ELISAキットを使って何が試験されていますか?

複数のエピトープを有するタンパク質を検出する場合、サンドイッチアッセイが良い選択である。これは通常、異なるエピトープと反応する2つの抗体を必要とする。しかしながら、分子が複数の反復エピトープを有する場合、サンドイッチアッセイにおいて、捕捉と検出の両方に同じ抗体を使用することが可能である。あるいは、マイクロウェルに効果的に吸収することができる純粋な形態の分析物の供給がある場合、精製された分析物が固定化され、試料中の分析物が固定化分析物と標識抗体に競合的に結合する競合アッセイを設定することができる。この場合、抗体が制限されるように抗体を滴定することが必須であり、そうでなければアッセイ感度が低下する。

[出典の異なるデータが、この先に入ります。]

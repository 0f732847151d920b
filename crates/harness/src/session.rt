// A board opened from a card, of either kind, beside the log of the calls that were made on it.
use crate::calls::CardOut;
use crate::replies::Reply;
use crate::{buffers, calls, history_calls, replies, verdict};
use board::Board;
use reference::call::{Call, Kind};
use reference::card::{CARD_ROOM, Card};
use reference::history::History;
use reference::log::Log;
use reference::problem::Problem;
use reference::refusals::number_of;
use reference::{access, history_card};

#[derive(Clone, Copy)]
pub struct Session {
    pub board: Board,
    pub log: Log,
}

// What a call gave: the board's reply, the log's answer, and where the session has come to.
#[derive(Clone, Copy)]
pub struct Called {
    pub reply: Reply,
    pub log_answer: u32,
    pub session: Session,
}

// A session on a card that opens; where it does not, every call after is refused with 15 and reported.
pub fn opened(p: Problem) -> Session {
    opened_from(reference::card::build(p), p, History::empty())
}

// The same on a card with records.
pub fn opened_with(p: Problem, h: History) -> Session {
    opened_from(history_card::build(p, h), p, h)
}

// The same on a card that says that.
pub fn opened_from(c: Card, p: Problem, h: History) -> Session {
    let o = calls::open(c);
    let board = o.board;
    Session {
        board,
        log: Log::opened(p, h),
    }
}

// The card's instance, with its sizes and prices; its marks and its budget are those of now, where nothing stands.
pub fn card_of(s: Session) -> Problem {
    s.log.card
}

// A call on the board, and in the log.
pub fn with_call(s: Session, c: Call) -> Called {
    let board = s.board;
    let made = calls::made(board, c);
    let noted = s.log.note(c);
    let board_after = made.board;
    let session = Session {
        board: board_after,
        log: noted.unwrap_or(s.log),
    };
    Called {
        reply: replies::of_call(board, made),
        log_answer: number_of(noted),
        session,
    }
}

// The card's instance under what the log says.
pub fn problem_now(s: Session) -> Problem {
    s.log.problem_now()
}

// Whether a look at the board shows that.
pub fn look_right(s: Session) -> bool {
    let board = s.board;
    verdict::judged(problem_now(s), calls::look(board)).is_ok()
}

// Whether a written card is that card, and no other byte was touched.
pub fn is_written(w: CardOut, c: Card) -> bool {
    w.answer == 0
        && w.length == c.length as usize
        && access::equal_fronts(&w.bytes, &c.bytes, c.length)
        && buffers::bytes_untouched(&w.bytes, c.length, CARD_ROOM as u32)
}

// Whether the board is written as that.
pub fn write_right(s: Session) -> bool {
    let board = s.board;
    is_written(calls::write(board), reference::card::build(problem_now(s)))
}

// Whether the board is written as the history card with that and with what the log says was replaced.
pub fn history_write_right(s: Session) -> bool {
    let board = s.board;
    is_written(
        history_calls::write(board),
        history_card::build(problem_now(s), s.log.records_now()),
    )
}

// Whether a call takes back a record of the card.
pub fn reaches_card(s: Session, c: Call) -> bool {
    c.kind == Kind::TakeBack && s.log.count == 0 && s.log.standing() != 0
}
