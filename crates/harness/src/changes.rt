// A sound board with a change of any kind: those of damage.rt, then those of group_records.rt.
use crate::damage::Damaged;
use crate::{damage, group_records};
use board::Board;
use reference::random::Random;

// The changes: 29 are damage, 10 are none.
pub const KINDS: u32 = damage::KINDS + group_records::KINDS;

pub fn nth_change(b: Board, kind: u32, g: Random) -> Damaged {
    if kind < damage::KINDS {
        return damage::nth_damage(b, kind, g);
    }
    group_records::nth_damage(b, kind - damage::KINDS, g)
}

ポリスチレンは、コーティング溶液中のそれらの濃度に依存して、多種類のタンパク質をより増加する量で結合する。各タンパク質の特定的かつ最適な量は決定する必要があるが、抗体に対するいくつかの一般的な観察がなされている。中低結合プレートは典型的には100~200 ng of IgG/cm2まで結合し、高結合プレートは典型的に400~500 ng of IgG/cm2まで結合することができる。タンパク質に加えて、ポリスチレンプレートは、一般に長さが15〜20アミノ酸のペプチドも吸収できる。強い結合を達成するために、ペプチドは疎水性相互作用および親水性相互作用の両方を必要とする。典型的には、ペプチドを直接吸着する欠点は、それらがエピトープをほとんど持たない傾向があることである。これらがプラスチックとの相互作用に関与する場合、抗体がそれらに結合することは困難になる。1つの選択肢はスペーサーアームを介してペプチドをより大きなタンパク質に結合させることである。このスペーサーアームはペプチドとタンパク質との間の距離を提供し、抗体がペプチドと相互作用することを可能にする。

生物全体を検出する細菌アッセイまたはウイルスアッセイなどの生物は、捕捉および検出の両方について同じ抗体を用いたサンドイッチアッセイを使用することもできる。標的分子が小さいかまたは単一のエピトープからなる場合、上記の形式を修正する必要がある。小分子はそれ自体が固相によく吸着しないか、または添加されたブロッキングタンパク質によってマスクされる。しかし、一般的に小分子はより大きなタンパク質に結合することができる。これは、所望のエピトープを固相に連結させる手段を提供し、その構造によりエピトープが抗体に結合することが可能になる。 

炭水化物および高度にグリコシル化されたタンパク質は、疎水性相互作用に関与する能力がほとんどないため、上記の力によってポリスチレンによく吸着しない。細胞から放出され、界面活性剤によって溶液中に維持される膜タンパク質は、界面活性剤が存在する場合も十分に吸収されない。共有結合または界面活性剤の濃度を減少することは、これらのタンパク質を結合する最良の方法である。実際、共有結合は、Tween-20およびTriton X-100のような界面活性剤の存在下で行うことができる。